My main qualm is that the question asks you to address Well's chapter but that you actually go nowhere near it other than an incredibly brief, skimmed and inconclusive set of opening statements that doesn't really take the ideas on with any clarity or indeed use them as the necessary intellectual drive for this narrative. You're basically not fully answering the question here as intensely as you need to - that, for me seeing the work and care that has gone into this, is so frustrating, as mining those very ideas, extrapolating and extending from them explicitly would have lent this a cast iron academic foundation and would have maybe lessoned the slightly fragmented narrative and this process also would have given the (excellent, but still slightly under-worked) primary analysis more meat. The ambition here is so very welcome, though, and I think by large you present here a pretty solid conception of academic practice overall, you just need to ensure you are really considering what the brief is fully asking of you. This really wasn't far off a first piece class of work at all. What was here was a joy to read and it reveals creative, thoughtful endeavour. The citation pattern still needs work, mind, but what was here was very promising and was a good start. Keep checking those slides on Moodle that were posted in support of this essay and around managing secondary and primary research and also on the Harvard APA referencing (Citations are missing or incomplete throughout)

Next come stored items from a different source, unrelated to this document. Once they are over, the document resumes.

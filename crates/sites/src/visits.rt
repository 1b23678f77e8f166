//! The sites of one trace, each with its pile: what a judge tells there is printed and returned.

ghost use Rattle.std.specs.Prelude.{IfOk};
ghost use Rattle.feed.specs.Pile.{on, holds_back};
ghost use Rattle.judging.specs.Sites.{TellsBottom};

use crate::piles::{deep, renamed, renamed_and_held};
use crate::reports::{Site, named_thread, print_site};
use crate::settings::Settings;
use driving::run_once;
use feed::Feed;
use hold_back::Hold;
use model::Outcome;
use relay::{AddressNames, Renames, Setting, ThreadNames};
use renaming::{Rotation, Table};
use std::io;

/// What every site of one trace has in common.
#[derive(Clone, Copy)]
pub struct Visits<'a> {
    pub rt: &'a HostRuntime,
    pub set: &'a Settings,
    pub budget: usize,
}

impl Visits<'_> {
    /// No relay.
    pub fn at_the_bottom<F: Feed + Drop>(&self, feed: F) -> io::Result<Option<Outcome>>
        ensures { IfOk result (λ o. (F.Feed.unread feed → TellsBottom (F.Feed.pile feed) self.now.budget o)) }
    {
        let answer = run_once(feed, self.budget);
        print_site(
            self.rt,
            &Site {
                name: "no relay",
                shows: &[],
                answer,
                bottom: named_thread(answer.outcome),
            },
        )
    }

    /// Threads turned round.
    pub fn behind_a_rotation<F: Feed + Drop>(&self, feed: F) -> io::Result<Option<Outcome>>
        ensures { IfOk result (λ o. (F.Feed.unread feed → TellsBottom (on (⟦<ThreadNames<Rotation> as Setting>⟧.relay self.now.set.now.turn) (F.Feed.pile feed)) self.now.budget o)) }
    {
        let turn = self.set.turn;
        let counts = feed.counts();
        let answer = renamed(feed, turn, self.budget);
        print_site(
            self.rt,
            &Site {
                name: "threads rotated by 1",
                shows: &[turn.shows(counts)],
                answer,
                bottom: named_thread(answer.outcome).map(|thread| turn.below(counts, thread)),
            },
        )
    }

    /// Other names, and records of a thread held back.
    fn behind_names_and_a_hold<F: Feed + Drop, S: Renames + Copy>(
        &self,
        name: &str,
        feed: F,
        names: S,
        hold: Hold,
    ) -> io::Result<Option<Outcome>>
        ensures { IfOk result (λ o. (F.Feed.unread feed → TellsBottom (on (holds_back hold.thread hold.capacity) (on (S.relay names) (F.Feed.pile feed))) self.now.budget o)) }
    {
        let counts = feed.counts();
        let answer = renamed_and_held(feed, names, hold, self.budget);
        print_site(
            self.rt,
            &Site {
                name,
                shows: &[names.shows(counts), hold.shows(counts)],
                answer,
                bottom: named_thread(answer.outcome).map(|thread| names.below(counts, thread)),
            },
        )
    }

    /// Threads by a table, and records of a thread held back.
    pub fn behind_a_table<F: Feed + Drop>(&self, feed: F) -> io::Result<Option<Outcome>>
        ensures { IfOk result (λ o. (F.Feed.unread feed → TellsBottom (on (holds_back 0 4) (on (⟦<ThreadNames<Table> as Setting>⟧.relay self.now.set.now.names) (F.Feed.pile feed))) self.now.budget o)) }
    {
        let hold = Hold {
            thread: 0,
            capacity: 4,
        };
        let name = "threads by a table, 4 records of thread 0 held back";
        self.behind_names_and_a_hold(name, feed, self.set.names, hold)
    }

    /// Five relays.
    pub fn deep_down<F: Feed + Drop>(&self, feed: F) -> io::Result<Option<Outcome>>
        ensures { IfOk result (λ o. (F.Feed.unread feed → TellsBottom (on (holds_back 0 16) (on (⟦<AddressNames<Rotation> as Setting>⟧.relay self.now.set.now.shift) (on (⟦<ThreadNames<Table> as Setting>⟧.relay self.now.set.now.names) (on (holds_back 0 16) (on (⟦<ThreadNames<Rotation> as Setting>⟧.relay self.now.set.now.turn) (F.Feed.pile feed)))))) self.now.budget o)) }
    {
        let set = self.set;
        let counts = feed.counts();
        let hold = Hold {
            thread: 0,
            capacity: 16,
        };
        let answer = deep(feed, set, hold, self.budget);
        let bottom = named_thread(answer.outcome).map(|thread| set
            .turn
            .below(counts, set.names.below(counts, thread)));
        print_site(
            self.rt,
            &Site {
                name: "threads rotated, 16 held back, threads by a table, addresses rotated by 5, 16 held back",
                shows: &[
                    set.turn.shows(counts),
                    hold.shows(counts),
                    set.names.shows(counts),
                    set.shift.shows(counts),
                    hold.shows(counts),
                ],
                answer,
                bottom,
            },
        )
    }

    /// Two relays whose settings are refused.
    pub fn behind_refused_ones<F: Feed + Drop>(&self, feed: F) -> io::Result<Option<Outcome>>
        ensures { IfOk result (λ o. (F.Feed.unread feed → TellsBottom (on (holds_back 0 17) (on (⟦<ThreadNames<Rotation> as Setting>⟧.relay self.now.set.now.wide) (F.Feed.pile feed))) self.now.budget o)) }
    {
        let hold = Hold {
            thread: 0,
            capacity: 17,
        };
        let name = "64 threads rotated, 17 records held back";
        self.behind_names_and_a_hold(name, feed, self.set.wide, hold)
    }
}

  1. Act it out - Something I'm finding a little worrying has come up, as more often than not I do act things out, so clearly I'm not seeing what I need to or rather, I'm not coming to the understanding needed from the actions to convey in the work.... Practice I guess? Perhaps drama/anatomy research... 
  2. Group quality check - Perhaps have people working on things throughout the scenes or do a mini test at the beginning to see who is good at what to start with and play to the strengths. Or if continuing with person per scene making sure to split it at camera cuts. 
  3. Technique research - Prior in depth planning needed when trying out a new technique, not just trying it out based on current limited knowledge. 
  4. Composition - I guess for now having a mental check-list until it starts to become second nature... More planning as well would probably help and getting tutors to review. 
  5. Colour pallet, tone, - Don't just judge from the cintiqs, and more research
  6. Isolation - My 3D kinda just sucks in general.... I think more practice will probably help with this and perhaps some lessons on digital tutors..See above for act it out... 
  7. Not clear -  Present in a more coherent and planned out way that doesn't make sense only to me. 
  8. Drawing - Draw more!
  9. Planning -  And plan more! 
  10. Essays - Make sure answering the question and make it flow more.... and stuffs.